Python set comparisons
Today a colleague posted the following code snippet:
actual = set(["foo", "bar"] + [<other strings here>])
expected = set(["bar", "foo"] + [<other strings here])
if not actual == expected:
print(f"Unexpected: {actual - expected}")
They were facing the occassional error of Unexpected: set()
and felt a bit lost.
After originally thinking about the ordering and edge cases that could affect it somehow to cause the match to be True but also reduce to zero, I came to look at the subtraction and realised that this would happen when when all elements of actual
exist within expected
, but expected
also has additional values.
For example:
>>> actual = set(["bar", "foo"])
>>> expected = set(['foo', 'bar', 'car'])
>>> actual == expected
False
>>> actual - expected
set()
Whereas if that was reversed, you get the additional value within actual
, as it was never subtracted away:
>>> actual = set(['foo', 'bar', 'car'])
>>> expected = set(["bar", "foo"])
>>> actual == expected
False
>>> actual - expected
{'car'}
When working with sets, subtraction may not always give you what you think, and so methods have been provided for comparisons. In this case, python provides .difference() and .symmetric_difference():
symmetric_difference()
would be fitting, as it will emit any item which is not common across both sets.

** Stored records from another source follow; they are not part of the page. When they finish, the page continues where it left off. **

// What the solvers answer, and what is due by a plain look through all settings.
use crate::network::Network;
use clauses::ClauseSolver;
use clauses::counts::VariableCounts;
use faults::SheetFault;
use gates::GateSolver;
use literals::LiteralSet;
use networks::readable;
use settings::Setting;
use sheets::Sheet;
use solver::{ContactCount, Solver};
use tables::table::Table;
use trials::{Question, ask_under};
use witnesses::WitnessCache;

// What LEAST and WHY answer while three literals are held, each with its whole buffer.
#[derive(Clone, Copy, PartialEq)]
struct Answers {
    least: Result<usize, SheetFault>,
    setting: [i8; 8],
    why: Result<usize, SheetFault>,
    reason: [i8; 3],
}

fn answers_of<S: Solver + Drop>(solver: S, held: &[i8]) -> Answers {
    let mut sheet = Sheet::open(solver, 1);
    let mut setting = [0; 8];
    let least = ask_under(&mut sheet, Question::Least, held, &mut setting);
    let mut reason = [0; 3];
    let why = ask_under(&mut sheet, Question::Why, held, &mut reason);
    Answers {
        least,
        setting,
        why,
        reason,
    }
}

// The numbers of the choices of one held literal alone.
const WEIGHTS: [u8; 3] = [4, 2, 1];

// The literals of a choice.
fn chosen_of(held: &[i8], choice: u8) -> Table<i8, 3> {
    let mut chosen = Table::new(0);
    for (literal, weight) in held.iter().zip(WEIGHTS.iter()) {
        if choice & *weight != 0 {
            let _ = chosen.push(*literal);
        }
    }
    chosen
}

// The setting of a number, in which the first input has the highest weight.
fn setting_of(number: u32, inputs: u8) -> Setting {
    Setting {
        closed: number.reverse_bits() >> (32 - inputs.clamp(1, 8)),
    }
}

// The first setting, in the order of the numbers, that the network allows and that agrees with the chosen ones of the held literals.
fn first_allowed(network: &Network, held: &[i8], choice: u8) -> Option<Setting> {
    let chosen = chosen_of(held, choice);
    for number in 0..1u32 << network.inputs.min(8) {
        let setting = setting_of(number, network.inputs);
        if network.allows(setting) && setting.fits(32, chosen.as_slice()) {
            return Some(setting);
        }
    }
    None
}

// Literals at the front of a buffer of zeros.
fn at_front<const N: usize>(literals: &[i8]) -> [i8; N] {
    let mut buffer = [0; N];
    let size = literals.len().min(N);
    buffer[..size].copy_from_slice(&literals[..size]);
    buffer
}

fn due(network: &Network, held: &[i8]) -> Answers {
    let inputs = usize::from(network.inputs);
    match first_allowed(network, held, 7) {
        Some(setting) => Answers {
            least: Ok(inputs),
            setting: at_front(setting.literals(inputs).as_slice()),
            why: Err(SheetFault::SomeAllowed),
            reason: [0; 3],
        },
        None => {
            let choice = (0..7u8)
                .find(|choice| first_allowed(network, held, *choice).is_none())
                .unwrap_or(7);
            let reason = chosen_of(held, choice);
            Answers {
                least: Err(SheetFault::NoneAllowed),
                setting: [0; 8],
                why: Ok(reason.len()),
                reason: at_front(reason.as_slice()),
            }
        }
    }
}

// The literal of a clause text for a literal of a network; variable 0 is none.
fn clause_literal(literal: u16) -> i8 {
    let variable = (literal / 2).min(64) as i8;
    if literal % 2 == 1 {
        -variable
    } else {
        variable
    }
}

// A rule of up to three literals of a network, unless one of them is true; those that are false are left out.
fn push_rule(rules: &mut Table<LiteralSet, 160>, literals: &[u16]) {
    let mut set = LiteralSet::empty();
    for literal in literals {
        if *literal == 1 {
            return;
        }
        if *literal > 1 {
            set = set.with(clause_literal(*literal));
        }
    }
    let _ = rules.push(set);
}

// The rules that say of each gate that it is the AND of its sides, and that the output is 1.
fn rules_of(network: &Network) -> Table<LiteralSet, 160> {
    let mut rules = Table::new(LiteralSet::empty());
    let mut variable = u16::from(network.inputs) + 1;
    for gate in network.gates.as_slice() {
        let below = usize::from(variable);
        let out = variable.saturating_mul(2);
        let left = readable(gate.left, below);
        let right = readable(gate.right, below);
        push_rule(&mut rules, &[out ^ 1, left]);
        push_rule(&mut rules, &[out ^ 1, right]);
        push_rule(&mut rules, &[out, left ^ 1, right ^ 1]);
        variable = variable.saturating_add(1);
    }
    push_rule(
        &mut rules,
        &[readable(network.output, usize::from(variable))],
    );
    rules
}

// LEAST and WHY of the gate solver, of a cache over it and of the clause solver are those that are due.
pub fn is_least_right(network: &Network, held: &[i8]) -> bool {
    let inputs = usize::from(network.inputs);
    let gates = network.gates.as_slice();
    let Ok(count) = ContactCount::new(inputs) else {
        return false;
    };
    let Ok(counts) = VariableCounts::new(inputs.saturating_add(gates.len()), inputs) else {
        return false;
    };
    let due = due(network, held);
    let rules = rules_of(network);
    let below = GateSolver::new(gates, network.output, count);
    answers_of(GateSolver::new(gates, network.output, count), held) == due
        && answers_of(WitnessCache::new(below), held) == due
        && answers_of(ClauseSolver::new(rules.as_slice(), counts), held) == due
}

// Whether a setting stands and agrees with what is asked.
fn stands(network: &Network, setting: Setting, added: &[i8], bar: &[i8], asked: &[i8]) -> bool {
    network.allows(setting)
        && setting.meets(32, added)
        && !setting.fits(32, bar)
        && setting.fits(32, asked)
}

// With a rule and a bar added, ASK says no only where no setting stands, and yes with one that does.
pub fn is_ask_right(network: &Network, added: &[i8], bar: &[i8], asked: &[i8]) -> bool {
    let Ok(count) = ContactCount::new(usize::from(network.inputs)) else {
        return false;
    };
    let mut solver = GateSolver::new(network.gates.as_slice(), network.output, count);
    let (Ok(()), Ok(())) = (solver.add(added), solver.bar(bar)) else {
        return false;
    };
    match solver.ask(asked) {
        Ok(Some(setting)) => stands(network, setting, added, bar, asked),
        Ok(None) => !(0..1u32 << network.inputs.min(8)).any(|closed| stands(
            network,
            Setting { closed },
            added,
            bar,
            asked,
        )),
        Err(_) => false,
    }
}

In fact, this is essentially an XOR operation, and python does provide an operator for this - ^
And so, we could rewrite the comparison with the method:
>>> actual.symmetric_difference(expected)
{'car'}
or, using the operator:
>>> actual ^ expected
{'car'}
We’d then need to identify if the element was in actual
or expected
, but I’ll leave it as an exercise for the reader.